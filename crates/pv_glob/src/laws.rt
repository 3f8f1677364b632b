//! Laws of patterns. Each function does nothing, and its contract is the law.
ghost use Rattle.std.specs.Prelude.{◌≡◌, ◌≤◌, true, false, [], ◌∷◌, length, Ok};
ghost use Rattle.pv_path.specs.Paths.{Path, has_names, has_staging};
ghost use Rattle.pv_glob.specs.Escaping.{escaped_path};
ghost use Rattle.pv_glob.specs.Matching.{literal_of};
ghost use Rattle.pv_glob.specs.Parsing.{pattern_of};

/// States that a path, with a backslash before each of `\ * ? [ { }`, spells the pattern that matches this path
/// alone.
///
/// It holds for every path without a staging name whose text has at most 4,095 bytes with these backslashes.
pub fn an_escaped_path_spells_its_literal()
    ensures { (path : Path) → has_names path ≡ true → has_staging path ≡ false
        → length (escaped_path path) ≤ 4095 → pattern_of (escaped_path path) ≡ Ok (literal_of path ∷ []) }
{}
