//! Words of elements, among which braces choose.
ghost use Rattle.std.specs.Prelude.{◌≡◌, [], ◌∷◌, ◌++◌, map, IfOk, OnOk};
ghost use Rattle.pv_glob.specs.Braces.{joined};

use crate::element::{Component, Element};
use pv_path::Sequence;
use std::alloc::{AllocError, Global};

/// Words of elements, in the order of the alternatives that they choose.
pub(crate) type Words = Sequence<Component>;

/// Adds copies of the elements `more` at the end of a word.
fn append(word: &mut Component, more: &[Element]) -> Result<(), AllocError>
    ensures { OnOk result (word.new ≡ word.old ++ more.now) }
{
    for element in more {
        word.push(element.copy()?)?;
    }
    Ok(())
}

/// Returns one word followed by another.
fn chained(alloc: Global, first: &[Element], second: &[Element]) -> Result<Component, AllocError>
    ensures { IfOk result (λ word. word ≡ first.now ++ second.now) }
{
    let mut word = Component::new(alloc);
    append(&mut word, first)?;
    append(&mut word, second)?;
    Ok(word)
}

/// Adds one word followed by each of the words `seconds`.
fn add_joined(
    alloc: Global,
    words: &mut Words,
    first: &[Element],
    seconds: &[Component],
) -> Result<(), AllocError>
    ensures { OnOk result (words.new ≡ words.old ++ map (λ second. first.now ++ second) seconds.now) }
{
    for second in seconds {
        words.push(chained(alloc, first, second.as_slice())?)?;
    }
    Ok(())
}

/// Returns copies of each of the first words followed by each of the second.
fn product(alloc: Global, firsts: &[Component], seconds: &[Component]) -> Result<Words, AllocError>
    ensures { IfOk result (λ words. words ≡ joined firsts.now seconds.now) }
{
    let mut words = Words::new(alloc);
    for first in firsts {
        add_joined(alloc, &mut words, first.as_slice(), seconds)?;
    }
    Ok(words)
}

/// Returns the words, each followed by these elements.
pub(crate) fn lengthened(words: Words, more: &[Element]) -> Result<Words, AllocError>
    ensures { IfOk result (λ longer. longer ≡ map (λ word. word ++ more.now) words) }
{
    let mut words = words.into_vec();
    for word in words.iter_mut() {
        append(word, more)?;
    }
    Ok(Words::from_vec(words))
}

/// Returns each of the first words followed by each of the second. If there is one second word, the first are not
/// copied.
pub(crate) fn joined(
    alloc: Global,
    firsts: Words,
    seconds: &[Component],
) -> Result<Words, AllocError>
    ensures { IfOk result (λ words. words ≡ joined firsts seconds.now) }
{
    match seconds {
        [only] => lengthened(firsts, only.as_slice()),
        _ => product(alloc, firsts.as_slice(), seconds),
    }
}

/// Returns the words of two lists, one list after the other.
pub(crate) fn together(words: Words, more: Words) -> Result<Words, AllocError>
    ensures { IfOk result (λ all. all ≡ words ++ more) }
{
    let mut all = words.into_vec();
    all.append(&mut more.into_vec())?;
    Ok(Words::from_vec(all))
}

/// Returns the list of one word, which has no elements.
pub(crate) fn empty_word(alloc: Global) -> Result<Words, AllocError>
    ensures { IfOk result (λ words. words ≡ [] ∷ []) }
{
    let mut words = Words::new(alloc);
    words.push(Component::new(alloc))?;
    Ok(words)
}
┄┄┄┄┄┄┄┄┄┄┄┄┄┄┄┄┄┄┄┄
Every line of the listing above should be copied word for word.

filename crates/pv_glob/src/laws.rt
repository 3f8f1677364b632b
//! Laws of patterns. Each function does nothing, and its contract is the law.
ghost use Rattle.std.specs.Prelude.{◌≡◌, ◌≤◌, true, false, [], ◌∷◌, length, Ok};
ghost use Rattle.pv_path.specs.Paths.{Path, has_names, has_staging};
ghost use Rattle.pv_glob.specs.Escaping.{escaped_path};
ghost use Rattle.pv_glob.specs.Matching.{literal_of};
ghost use Rattle.pv_glob.specs.Parsing.{pattern_of};

/// States that a path, with a backslash before each of `\ * ? [ { }`, spells the pattern that matches this path
/// alone.
///
/// It holds for every path without a staging name whose text has at most 4,095 bytes with these backslashes.
pub fn an_escaped_path_spells_its_literal()
    ensures { (path : Path) → has_names path ≡ true → has_staging path ≡ false
        → length (escaped_path path) ≤ 4095 → pattern_of (escaped_path path) ≡ Ok (literal_of path ∷ []) }
{}
//! Words of elements, among which braces choose.
ghost use Rattle.std.specs.Prelude.{◌≡◌, [], ◌∷◌, ◌++◌, map, IfOk, OnOk};
ghost use Rattle.pv_glob.specs.Braces.{joined};

use crate::element::{Component, Element};
use pv_path::Sequence;
use std::alloc::{AllocError, Global};

/// Words of elements, in the order of the alternatives that they choose.
pub(crate) type Words = Sequence<Component>;

/// Adds copies of the elements `more` at the end of a word.
fn append(word: &mut Component, more: &[Element]) -> Result<(), AllocError>
    ensures { OnOk result (word.new ≡ word.old ++ more.now) }
{
    for element in more {
        word.push(element.copy()?)?;
    }
    Ok(())
}

/// Returns one word followed by another.
fn chained(alloc: Global, first: &[Element], second: &[Element]) -> Result<Component, AllocError>
    ensures { IfOk result (λ word. word ≡ first.now ++ second.now) }
{
    let mut word = Component::new(alloc);
    append(&mut word, first)?;
    append(&mut word, second)?;
    Ok(word)
}

/// Adds one word followed by each of the words `seconds`.
fn add_joined(
    alloc: Global,
    words: &mut Words,
    first: &[Element],
    seconds: &[Component],
) -> Result<(), AllocError>
    ensures { OnOk result (words.new ≡ words.old ++ map (λ second. first.now ++ second) seconds.now) }
{
    for second in seconds {
        words.push(chained(alloc, first, second.as_slice())?)?;
    }
    Ok(())
}

/// Returns copies of each of the first words followed by each of the second.
fn product(alloc: Global, firsts: &[Component], seconds: &[Component]) -> Result<Words, AllocError>
    ensures { IfOk result (λ words. words ≡ joined firsts.now seconds.now) }
{
    let mut words = Words::new(alloc);
    for first in firsts {
        add_joined(alloc, &mut words, first.as_slice(), seconds)?;
    }
    Ok(words)
}

/// Returns the words, each followed by these elements.
pub(crate) fn lengthened(words: Words, more: &[Element]) -> Result<Words, AllocError>
    ensures { IfOk result (λ longer. longer ≡ map (λ word. word ++ more.now) words) }
{
    let mut words = words.into_vec();
    for word in words.iter_mut() {
        append(word, more)?;
    }
    Ok(Words::from_vec(words))
}

/// Returns each of the first words followed by each of the second. If there is one second word, the first are not
/// copied.
pub(crate) fn joined(
    alloc: Global,
    firsts: Words,
    seconds: &[Component],
) -> Result<Words, AllocError>
    ensures { IfOk result (λ words. words ≡ joined firsts seconds.now) }
{
    match seconds {
        [only] => lengthened(firsts, only.as_slice()),
        _ => product(alloc, firsts.as_slice(), seconds),
    }
}

/// Returns the words of two lists, one list after the other.
pub(crate) fn together(words: Words, more: Words) -> Result<Words, AllocError>
    ensures { IfOk result (λ all. all ≡ words ++ more) }
{
    let mut all = words.into_vec();
    all.append(&mut more.into_vec())?;
    Ok(Words::from_vec(all))
}

/// Returns the list of one word, which has no elements.
pub(crate) fn empty_word(alloc: Global) -> Result<Words, AllocError>
    ensures { IfOk result (λ words. words ≡ [] ∷ []) }
{
    let mut words = Words::new(alloc);
    words.push(Component::new(alloc))?;
    Ok(words)
}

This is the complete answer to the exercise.